* [YOUR ASSIGNMENT]:
Nothing is to be left out: repeat every entry exactly as given.

* [EXERCISE MATERIAL]:

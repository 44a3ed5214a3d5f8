// A garbler and what it is lent.
ghost use Rattle.std.specs.Prelude.{◌≤◌, length};

use crate::answer::Answer;
use crate::call::{GarblerCall, On};
use crate::garbler_side::GarblerSide;
use crate::lent::Lent;
use crate::numbered::Numbered;
use circuit::refusal::Refusal;
use hashes::counted::Counted;
use hashes::function::LabelFunction;
use hashes::hash::LabelHash;
use std::alloc::{AllocError, Global};

pub struct Garbling<L> {
    pub side: GarblerSide<L>,
    pub lent: Lent<L>,
}

impl<L: Numbered> Garbling<L> {
    pub fn new(lent: Lent<L>) -> Garbling<L> {
        Garbling {
            side: GarblerSide::new(),
            lent,
        }
    }

    // Lays out the bytes and the scratch that a call is lent.
    pub fn prepare(&mut self, heap: Global, call: &GarblerCall) -> Result<(), AllocError> {
        match call {
            GarblerCall::Open { seed, .. } => self.lent.bytes = seed.bytes.clone()?,
            GarblerCall::Colours { .. } => self.lent.bytes = vec![in heap; 7; 4]?,
            GarblerCall::Garble { .. } => self.lent.scratch = vec![in heap; L::used(); 260]?,
            _ => {}
        }
        Ok(())
    }

    // Makes a call.
    pub fn make<F: LabelFunction<L>>(&mut self, call: &GarblerCall) -> Result<Answer<L>, Refusal> {
        match call {
            GarblerCall::Open { on, seed } => self.open::<F>(*on, seed.count),
            GarblerCall::Garble {
                on,
                scratch,
                material,
            } => self.garble::<F>(*on, *scratch, *material),
            GarblerCall::Encode { on, input, bit } => self.encode(*on, *input, *bit),
            GarblerCall::Colours { on, length } => self.colours(*on, *length),
            GarblerCall::Certify { on, output, label } => self.certify(*on, *output, *label),
            GarblerCall::Wipe { wires } => {
                let wires = self.lent.front(*wires);
                self.side.wipe(&mut self.lent.wires[..wires])
            }
        }
    }

    fn open<F: LabelFunction<L>>(&mut self, on: On, count: usize) -> Result<Answer<L>, Refusal> {
        let lent = &mut self.lent;
        let mut hash: Counted<F> = Counted::starting_at(lent.count);
        let count = count.min(lent.bytes.len());
        let wires = lent.front(on.wires);
        let opened = self.side.open(
            &mut hash,
            on.circuit,
            &mut lent.bytes[..count],
            &mut lent.wires[..wires],
        );
        lent.count = hash.count();
        opened?;
        Ok(Answer::Opened)
    }

    fn garble<F: LabelFunction<L>>(
        &mut self,
        on: On,
        scratch: usize,
        material: usize,
    ) -> Result<Answer<L>, Refusal> {
        let lent = &mut self.lent;
        let mut hash: Counted<F> = Counted::starting_at(lent.count);
        let wires = lent.front(on.wires);
        let material = material.min(lent.material.len());
        let scratch = scratch.min(lent.scratch.len());
        let garbled = self.side.garble(
            &mut hash,
            on.circuit,
            &mut lent.wires[..wires],
            &mut lent.material[..material],
            &mut lent.scratch[..scratch],
        );
        lent.count = hash.count();
        Ok(Answer::Garbled(garbled?))
    }

    fn encode(&mut self, on: On, input: usize, bit: u8) -> Result<Answer<L>, Refusal> {
        let wires = self.lent.front(on.wires);
        let wires = &self.lent.wires[..wires];
        let label = self.side.encode(on.circuit, wires, input, bit)?;
        Ok(Answer::Encoded(label))
    }

    fn colours(&mut self, on: On, length: usize) -> Result<Answer<L>, Refusal> {
        let lent = &mut self.lent;
        let wires = lent.front(on.wires);
        let length = length.min(lent.bytes.len());
        let wires = &lent.wires[..wires];
        let colours = &mut lent.bytes[..length];
        self.side.garbler.colours(on.circuit, wires, colours)?;
        Ok(Answer::Coloured)
    }

    fn certify(&self, on: On, output: usize, label: u16) -> Result<Answer<L>, Refusal> {
        let wires = self.lent.front(on.wires);
        let wires = &self.lent.wires[..wires];
        let label = L::of(label);
        let garbler = &self.side.garbler;
        let bit = garbler.certify(on.circuit, wires, output, label)?;
        Ok(Answer::Certified(bit))
    }

    // Wipes the side where it is open.
    pub fn end(self, wires: &mut [L])
        requires { 8 ≤ length wires.old }
    {
        let Garbling { side, lent: _ } = self;
        side.end(wires);
    }
}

* [ANSWER TO THIS TASK]:
repository 44a3ed5214a3d5f8
// A garbler and what it is lent.
ghost use Rattle.std.specs.Prelude.{◌≤◌, length};

use crate::answer::Answer;
use crate::call::{GarblerCall, On};
use crate::garbler_side::GarblerSide;
use crate::lent::Lent;
use crate::numbered::Numbered;
use circuit::refusal::Refusal;
use hashes::counted::Counted;
use hashes::function::LabelFunction;
use hashes::hash::LabelHash;
use std::alloc::{AllocError, Global};

pub struct Garbling<L> {
    pub side: GarblerSide<L>,
    pub lent: Lent<L>,
}

impl<L: Numbered> Garbling<L> {
    pub fn new(lent: Lent<L>) -> Garbling<L> {
        Garbling {
            side: GarblerSide::new(),
            lent,
        }
    }

    // Lays out the bytes and the scratch that a call is lent.
    pub fn prepare(&mut self, heap: Global, call: &GarblerCall) -> Result<(), AllocError> {
        match call {
            GarblerCall::Open { seed, .. } => self.lent.bytes = seed.bytes.clone()?,
            GarblerCall::Colours { .. } => self.lent.bytes = vec![in heap; 7; 4]?,
            GarblerCall::Garble { .. } => self.lent.scratch = vec![in heap; L::used(); 260]?,
            _ => {}
        }
        Ok(())
    }

    // Makes a call.
    pub fn make<F: LabelFunction<L>>(&mut self, call: &GarblerCall) -> Result<Answer<L>, Refusal> {
        match call {
            GarblerCall::Open { on, seed } => self.open::<F>(*on, seed.count),
            GarblerCall::Garble {
                on,
                scratch,
                material,
            } => self.garble::<F>(*on, *scratch, *material),
            GarblerCall::Encode { on, input, bit } => self.encode(*on, *input, *bit),
            GarblerCall::Colours { on, length } => self.colours(*on, *length),
            GarblerCall::Certify { on, output, label } => self.certify(*on, *output, *label),
            GarblerCall::Wipe { wires } => {
                let wires = self.lent.front(*wires);
                self.side.wipe(&mut self.lent.wires[..wires])
            }
        }
    }

    fn open<F: LabelFunction<L>>(&mut self, on: On, count: usize) -> Result<Answer<L>, Refusal> {
        let lent = &mut self.lent;
        let mut hash: Counted<F> = Counted::starting_at(lent.count);
        let count = count.min(lent.bytes.len());
        let wires = lent.front(on.wires);
        let opened = self.side.open(
            &mut hash,
            on.circuit,
            &mut lent.bytes[..count],
            &mut lent.wires[..wires],
        );
        lent.count = hash.count();
        opened?;
        Ok(Answer::Opened)
    }

    fn garble<F: LabelFunction<L>>(
        &mut self,
        on: On,
        scratch: usize,
        material: usize,
    ) -> Result<Answer<L>, Refusal> {
        let lent = &mut self.lent;
        let mut hash: Counted<F> = Counted::starting_at(lent.count);
        let wires = lent.front(on.wires);
        let material = material.min(lent.material.len());
        let scratch = scratch.min(lent.scratch.len());
        let garbled = self.side.garble(
            &mut hash,
            on.circuit,
            &mut lent.wires[..wires],
            &mut lent.material[..material],
            &mut lent.scratch[..scratch],
        );
        lent.count = hash.count();
        Ok(Answer::Garbled(garbled?))
    }

    fn encode(&mut self, on: On, input: usize, bit: u8) -> Result<Answer<L>, Refusal> {
        let wires = self.lent.front(on.wires);
        let wires = &self.lent.wires[..wires];
        let label = self.side.encode(on.circuit, wires, input, bit)?;
        Ok(Answer::Encoded(label))
    }

    fn colours(&mut self, on: On, length: usize) -> Result<Answer<L>, Refusal> {
        let lent = &mut self.lent;
        let wires = lent.front(on.wires);
        let length = length.min(lent.bytes.len());
        let wires = &lent.wires[..wires];
        let colours = &mut lent.bytes[..length];
        self.side.garbler.colours(on.circuit, wires, colours)?;
        Ok(Answer::Coloured)
    }

    fn certify(&self, on: On, output: usize, label: u16) -> Result<Answer<L>, Refusal> {
        let wires = self.lent.front(on.wires);
        let wires = &self.lent.wires[..wires];
        let label = L::of(label);
        let garbler = &self.side.garbler;
        let bit = garbler.certify(on.circuit, wires, output, label)?;
        Ok(Answer::Certified(bit))
    }

    // Wipes the side where it is open.
    pub fn end(self, wires: &mut [L])
        requires { 8 ≤ length wires.old }
    {
        let Garbling { side, lent: _ } = self;
        side.end(wires);
    }
}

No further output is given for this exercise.